Tom Ellis


words by Brad Liberti

photos by J. Horton

We may share the same language and much of the same DNA, but there’s more that separates us from our British cousins than simply an ocean and an accent. Want proof? Just ask any actor who attempted to make this leap seem credible onscreen; after all, for every Renée Zellweger or Hugh Laurie, there’s a million Kevin Costner’s and Gerard Butler’s… “It’s a tricky thing, because it’s not just about an accent”, explains Welsh-born leading man, Tom Ellis, “it’s about attitude; it’s about how you articulate, how you gesticulate, how you communicate with other people.”

The dashing 6’3 thespian might not seem like the optimal candidate to assess the differences, having spent the majority of his almost 15 years as a working actor on the other side of the pond, starring on über-popular TV series such as ‘EastEnders’, ‘The Catherine Tate Show’, and ‘Miranda’, and popping up in prestige pics like 2004’s ‘Vera Drake’. But when American writer/director Jonathan Levine (‘50/50’, ‘Warm Bodies’) cast him as a Beverly Hills-based surgeon with a penchant for fast cars and even faster women on the addictive new USA summer series, ‘Rush’, Mr. Ellis found himself instantly immersed in the cultural distinctions.

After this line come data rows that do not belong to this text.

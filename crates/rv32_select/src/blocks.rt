// Statements, arms and blocks.
#![tactic(auto, using(low_code::proofs::TreeOf::tree_of, crate::proofs::Plain::plain_append, crate::proofs::Emitted::emitted), unfolding(crate::specs::Emit::plain))]

ghost use Rattle.std.specs.Prelude.{◌≡◌, ◌++◌, [], ◌∷◌, ◌<◌, ◌+◌, ◌*◌, ◌≤◌, suc, length, map, slice_get, Some, OnOk, IfOk, true, false, if◌then◌else◌};
ghost use Rattle.low_code.specs.Tree.{join, choose, before_of, end_of, code_of, arm_of};
ghost use Rattle.rv32_select.specs.Emit.{take_items};
ghost use Rattle.rv32_select.specs.IsSelected.{moves_between as moves_across};
ghost use Rattle.rv32_select.specs.Decides.{decides as decides_all};
ghost use Rattle.rv32_select.specs.Ranges.{AreTargets};
ghost use Rattle.rv32_select.specs.InContext.{alternatives, compared, heap_end_in, heap_full_in, no_alternative_in, source_in, sources_in, places_in, argument_spots_in, result_spots_in, tests_in, HavePlacesIn, TargetsPlacedIn, OperandPlacedIn, OperandsPlacedIn, ComparisonPlacedIn, TestsPlacedIn, CallPlacedIn, PlacedIn, StmtPlacedIn, ArmPlacedIn, ArmsPlacedIn, BlocksPlacedIn, CalledIn, TailCalledIn, EmittedIn, EmittedArmsIn, EmittedLastIn, EmittedDecidedFirstIn, EmittedDecidedLastIn, SearchedIn, BeforeIn, ArmsBeforeIn};
ghost use Rattle.rv32_select.specs.Emitting.{EmitsMoves, EmitsParallelMoves, one_arm, TestsAscend};
ghost use Rattle.rv32_select.specs.Halves.{last_test as last_test_items};

use crate::code::Code;
use crate::context::{Context, Frame, result_spots};
use crate::decides::{Comparison, condition, deciding_last_comparison, other_condition, tested};
use crate::links::continued_by_jump;
use crate::rare::first_arm_goes_last;
use crate::search::{Search, extra_words, number_of, searched_word};
use crate::source::{Continuation, Destination};
use crate::statements::spared_by_offset;
use limits::HEAP_START;
use low_code::{LowArm, LowBlock, LowEnd, LowStmt, LowTest, Operand};
use parallel_move::Spot;
use rv32_isa::Reg;
use rv32_items::{Cond, Item};
use std::alloc::AllocError;

/// The items so far, the next label, and the words that were spared.
#[derive(Drop)]
pub(crate) struct Selection {
    pub(crate) code: Code,
    pub(crate) next: u32,
    pub(crate) spared: u32,
}

impl Selection {
    /// A label of its own. There is no memory for more items than there are labels.
    fn fresh(&mut self) -> Result<u32, AllocError>
        ensures { IfOk result (λ label. (label ≡ self.old.next)
            × (self.new.next ≡ suc self.old.next) × (self.new.code ≡ self.old.code)) }
    {
        let label = self.next;
        self.next = label.checked_add(1).ok_or(AllocError)?;
        Ok(label)
    }
}
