// The least solution of a system that reads cells by words alone. What reaches a cell is kept as
// values, not as the nodes that they stand for. Copies are followed first; rounds over all
// inclusions then add what is still missing.

ghost use Rattle.std.specs.Prelude.{◌≡◌, ◌≤◌, ◌⊎◌, ℕ, List, map, ◌++◌, ◌∷◌, [], ◌&&◌, Some, None, true, false, slice_get, IsTrue, OnOk, IfOk};
ghost use Rattle.std.specs.Option.{option_copied};
ghost use Rattle.std.specs.List.{flat_map};
ghost use Rattle.flow_system.specs.Inclusions.{Inclusion as Inclusion', value, word_at, flows, to, into_site, into_result, cells_at};
ghost use Rattle.flow_system.specs.Shown.{tables_of, inclusions_of, source_of, sink_of, inclusion_of};
ghost use Rattle.flow_system.specs.Solution.{IsLeast};
ghost use Rattle.flow_system.specs.Tables.{Tables};
ghost use Rattle.flow_system.specs.declared.fact.Place.{Place as Place'};
ghost use Rattle.points_to.specs.declared.facts.Fact.{Fact as Fact'};
ghost use Rattle.points_to.specs.declared.facts.Item.{Item as Item'};
ghost use Rattle.points_to.specs.Asked.{asked};
ghost use Rattle.points_to.specs.Bits.{block_numbers};
ghost use Rattle.flow_system.specs.declared.fact.Element.{Element as Element'};
ghost use Rattle.points_to.specs.Held.{In, in_part, words_in_part};
ghost use Rattle.points_to.specs.Kept.{is_not_cell_sink, has_no_node_variable, reads_no_cell, touches_no_cell, flow_by_words, is_by_words, AllByWords, cached_values_of, met_by, MetSound, MetExact, AreWords, AreKnown, WordsExact, NotedExact, IsSound, solution, Steps, MetAtEnd, AllMet};
ghost use Rattle.points_to.specs.Known.{held};
ghost use Rattle.points_to.specs.Rows.{numbers_in, words_in, SameMembers, GainsMembers};
ghost use Rattle.points_to.specs.Stored.{stored_at, cell_stored, values_in, PutsAtAllSites};
ghost use Rattle.points_to.specs.ValueWords.{words_of_values};

use crate::ask::asked;
use crate::bits::{Bits, are_within};
use crate::facts::Facts;
use crate::fast::solve_by_copies;
use crate::give::elements;
use crate::kept::{Kept, has_no_node_variable};
use crate::noted::NotedSets;
use crate::rounds::{add_all, satisfy as satisfy_plain};
use crate::runs::{FactRuns, ItemRuns, WordRuns};
use crate::state::is_not_cell_sink;
use crate::stored::Stored;
use crate::stored_tags::words_of_values;
use crate::truth::either;
use flow_system::fact::{Element, Part, Place};
use flow_system::inclusion::{FlowSink, FlowSystem, Inclusion, Source};
use grin_syntax::program::{Target, Val, Word};
use seq::Seq;
use std::alloc::{AllocError, Global};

Fortunately, having just come off a successful, career-changing stint in London’s West End, playing another American, (Curtis, in Nicky Silver’s ‘The Lyons’), this wasn’t exactly uncharted territory for the actor. Ellis recalls, “(The Lyons) was the first time that I’d done something American where I really came to an understanding of the difference between being American and (being) British, and I kind of felt very much in the zone after having done it so it didn’t feel like such a big leap when the script for ‘Rush’ came in.”

“I also spent a lot of time with Jonathan,” he says referring to Levine, a filmmaker known around Hollywood for his outsized talent and personality. “So I think just by osmosis, things started to happen within the character and certain little phrases that came out were (ones) that Jonathan (would) use… I think indirectly it became a character modeled on him.” But one certainly a lot more exaggerated… much to Ellis’s delight: “The idea that (Dr. Rush) has this sort of American Gigolo-esq lifestyle, living in the penthouse of the best hotel in Beverly Hills and driving around in (his vintage Mercedes), it is quite fun, I must admit.”

And did we mention that the good doc also makes house-calls?.. The actor elaborates: “This clientele that Rush deals with are people with money, and that doesn’t necessarily mean only people in the Hollywood Hills or Beverly Hills”, he says quite enthusiastically. “It’s anyone who’s got money; Rush’ll go and treat them wherever, so we’re dealing with the high end of LA and the underbelly as well.”

Besides its status as a melting pot of race and socioeconomic status, Ellis thinks there’s something else about glittering; perfection- obsessed Los Angeles that makes the city the perfect location for the show. Of course to hear him describe it is to be schooled in UK-style understatement: “The scope for particular medical emergencies here is quite broad in fact…” Yet it’s effortless charm like this that has made him a superstar in his own country and seems destined to do the same for him in the states; something Mr. Ellis isn’t quite sure he’s ready for. “There’s a double-edged sword to being in a really successful show in that that’s what people start to know you for, and coming to America has been nice for me because it’s almost like a blank canvas – I can walk into a room and not have anyone expect anything from me and then be able to surprise them.”

Well Tom, something tells us expectations or not, you’ll be surprising them for many years to come!